A freezing order is regularly described as a “nuclear weapon” as it prohibits a person from dealing with or disposing of their assets, save as permitted by the order. Such an order will almost always be accompanied by an asset disclosure order which will enable the enforcement authority to consider whether further UWOs can be sought.
g) Action taken to date by enforcement authorities
The NCA has wasted little time in seeking UWOs since their introduction in 2018. In February 2018, the NCA secured its first two UWOs against the wife of the former chairman of a south western Asian bank currently serving a prison sentence in his home country for various frauds.
The properties subject to the UWOs were two residential properties valued at approximately £22m held by a BVI registered company beneficially owned by the former chairman of the bank.
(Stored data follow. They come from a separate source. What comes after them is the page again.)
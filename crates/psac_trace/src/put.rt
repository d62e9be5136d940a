//! Parts put round the records of what was run.
ghost use Rattle.std.specs.Prelude.{◌≡◌, IfOk};
ghost use Rattle.psac_ops.specs.Named.{value_of as plain_value};
ghost use Rattle.psac_model.specs.Names.{bind};
ghost use Rattle.psac_model.specs.Run.{with_reads};
ghost use Rattle.psac_plain.specs.Slots.{env_of};
ghost use Rattle.psac_plain.specs.Running.{reads_view};
ghost use Rattle.psac_record.specs.Kept.{Kept, E, A, W, S, P, R};
ghost use Rattle.psac_record.specs.Shown.{kept_of};
ghost use Rattle.psac_trace.specs.Raising.{olds_after};
ghost use Rattle.psac_trace.specs.Told.{did, ended_of, both_ended, then_ended, Follows, is_other, halted, stop_ended};

use crate::halt::Halt;
use psac_ops::{Handle, Plain};
use psac_plain::ask::Seen;
use psac_plain::binding::{Binding, bind_seen, bind_to};
use psac_plain::halt::Halt as Stop;
use psac_record::{Reading, Record};
use psac_syntax::ReadItem;
use std::alloc::{AllocError, Global};

/// The record of both sides, or the halt that goes first.
pub fn paired(
    alloc: Global,
    par: Handle,
    l: Result<Record, Halt>,
    r: Result<Record, Halt>,
) -> Result<Record, Halt>
    ensures { (j k : Kept) → Follows (both_ended (P par) (ended_of j l) (ended_of k r)) (ended_of (P par (did j l) (did k r)) result) }
{
    match l {
        Ok(l) => match r {
            Ok(r) => match Record::both(alloc, par, l, r) {
                Ok(t) => Ok(t),
                Err(_) => Err(Halt::NoMemory),
            },
            Err(h) => Err(h),
        },
        Err(Halt::NoMemory) => Err(Halt::NoMemory),
        Err(Halt::Full(which, full)) => match r {
            Err(Halt::NoMemory) => Err(Halt::NoMemory),
            _ => Err(Halt::Full(which, full)),
        },
        Err(Halt::Fault(kind, line)) => match r {
            Err(Halt::NoMemory) => Err(Halt::NoMemory),
            Err(Halt::Full(which, full)) => Err(Halt::Full(which, full)),
            _ => Err(Halt::Fault(kind, line)),
        },
    }
}

/// Why a statement at a line stops.
pub fn stopped(halt: Stop, line: u32) -> Halt
    ensures { halted E result ≡ stop_ended halt line }
{
    match halt {
        Stop::Fault(kind) => Halt::Fault(kind, line),
        Stop::NoMemory => Halt::NoMemory,
    }
}

/// Whether memory or a table ran out.
pub fn ran_out(t: &Result<Record, Halt>) -> bool
    ensures { (k : Kept) → result ≡ is_other (ended_of k t.now) }
{
    match t {
        Ok(_) => false,
        Err(Halt::Fault(..)) => false,
        Err(_) => true,
    }
}

/// The old destinations of a side that runs after another one on its pass. After a fault the record is thrown away, and nobody
/// has to be marked.
pub fn still_old<'a>(olds: &'a [Handle], t: &Result<Record, Halt>) -> &'a [Handle]
    ensures { (k : Kept) → result.now ≡ olds_after olds.now (ended_of k t.now) }
{
    match t {
        Ok(_) => olds,
        Err(_) => &[],
    }
}

/// Puts what was made before the rest.
pub fn after_made(alloc: Global, m: Handle, rest: Result<Record, Halt>) -> Result<Record, Halt>
    ensures { (k : Kept) → Follows (then_ended (A m) (ended_of k rest)) (ended_of (A m (did k rest)) result) }
{
    match rest {
        Ok(r) => match Record::made(alloc, m, r) {
            Ok(t) => Ok(t),
            Err(_) => Err(Halt::NoMemory),
        },
        Err(h) => Err(h),
    }
}

/// Puts a write before the rest.
pub fn after_wrote(
    alloc: Global,
    m: Handle,
    v: Plain,
    rest: Result<Record, Halt>,
) -> Result<Record, Halt>
    ensures { (k : Kept) → Follows (then_ended (W m v) (ended_of k rest)) (ended_of (W m v (did k rest)) result) }
{
    match rest {
        Ok(r) => match Record::wrote(alloc, m, v, r) {
            Ok(t) => Ok(t),
            Err(_) => Err(Halt::NoMemory),
        },
        Err(h) => Err(h),
    }
}

/// Puts a compound statement before the rest.
pub fn after_step(
    alloc: Global,
    node: Handle,
    t: Record,
    rest: Result<Record, Halt>,
) -> Result<Record, Halt>
    ensures { (k : Kept) → Follows (then_ended (S node (kept_of t)) (ended_of k rest)) (ended_of (S node (kept_of t) (did k rest)) result) }
{
    match rest {
        Ok(r) => match Record::step(alloc, node, t, r) {
            Ok(t) => Ok(t),
            Err(_) => Err(Halt::NoMemory),
        },
        Err(h) => Err(h),
    }
}

/// Puts a read block round its body.
pub fn in_block(alloc: Global, reading: Reading, body: Result<Record, Halt>) -> Result<Record, Halt>
    ensures { (k : Kept) → Follows (then_ended (R reading) (ended_of k body)) (ended_of (R reading (did k body)) result) }
{
    match body {
        Ok(t) => match Record::block(alloc, reading, t) {
            Ok(t) => Ok(t),
            Err(_) => Err(Halt::NoMemory),
        },
        Err(h) => Err(h),
    }
}

/// The environment with a name bound.
pub fn bound_in(
    alloc: Global,
    env: &[Binding],
    name: u16,
    value: Plain,
) -> Result<Vec<Binding>, AllocError>
    ensures { IfOk result (λ more. env_of more.items ≡ bind name (plain_value value) (env_of env.now)) }
{
    let mut more = Vec::from_slice(alloc, env)?;
    bind_to(&mut more, name, value)?;
    Ok(more)
}

/// The environment with the names of reads bound.
pub fn entered(
    alloc: Global,
    env: &[Binding],
    items: &[ReadItem],
    seen: &[Seen],
) -> Result<Vec<Binding>, AllocError>
    ensures { IfOk result (λ more. env_of more.items ≡ with_reads (env_of env.now) items.now (reads_view seen.now)) }
{
    let mut more = Vec::from_slice(alloc, env)?;
    bind_seen(&mut more, items, seen)?;
    Ok(more)
}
The allegation against his wife was that these assets, as well as extravagant spending which included a £16.3m shopping spree in Harrods, were funded by the laundered proceeds of the bank fraud, rather than her or her husband’s legitimate funds. Interim freezing orders were granted in support of the UWOs to prevent the sale, transfer or dissipation of the properties.
In May of this year, the NCA secured three UWOs against PEP who, through various offshore companies, owns three prime London properties valued in excess of £80m. Interim Freezing Orders were similarly granted preventing the properties from being sold, transferred or dissipated.
Shortly after in July, a further UWO was obtained in respect of a “businessman” whose property empire is suspected of being funded by criminal associates in drug and firearms trafficking.
Gaining confidence from the success of the first UWOs, the NCA is showing greater willingness to utilise this new, powerful investigative tool in the fight against money laundering.
3. Account freezing orders (“AFOs”)
a) What are AFOs?
Introduced at the same time as UWOs, AFOs allow enforcement authorities to apply to freeze, and subsequently forfeit, funds held in bank accounts and building societies.
Although still in its early stages, the use of AFOs is proving popular with enforcement authorities and, in addition to being a lucrative revenue stream, they are also an effective tool in the fight against money laundering.
b) When are they granted?
Following the introduction of AFOs, an enforcement officer may apply to the Magistrates’ Court for an AFO if that officer has reasonable grounds to suspect that money held in that account constitutes “recoverable property” or is intended for use in unlawful conduct.
Crucially, a criminal conviction is not required. It is merely necessary to show that on the balance of probabilities the property has been obtained through unlawful conduct. This is a relatively low bar to meet and is weighted heavily in favour of the applicant authority.
c) Action taken to date by enforcement authorities
The NCA first sought AFOs in respect of three bank accounts held by a student who is the son of the ex-Prime Minister of Moldova, a gentleman who is currently serving a 9-year prison sentence for hispart in a $1bn banking fraud.
Following an investigation revealing no registered income in the UK to support his extravagant lifestyle, the NCA successfully forfeited in excess of £400,000 from those accounts in February of this year. Shortly afterwards, the National Economic Crime Centre indicated its intention to use AFOs to apply to freeze a further 95 accounts suspected of being funded by laundered money.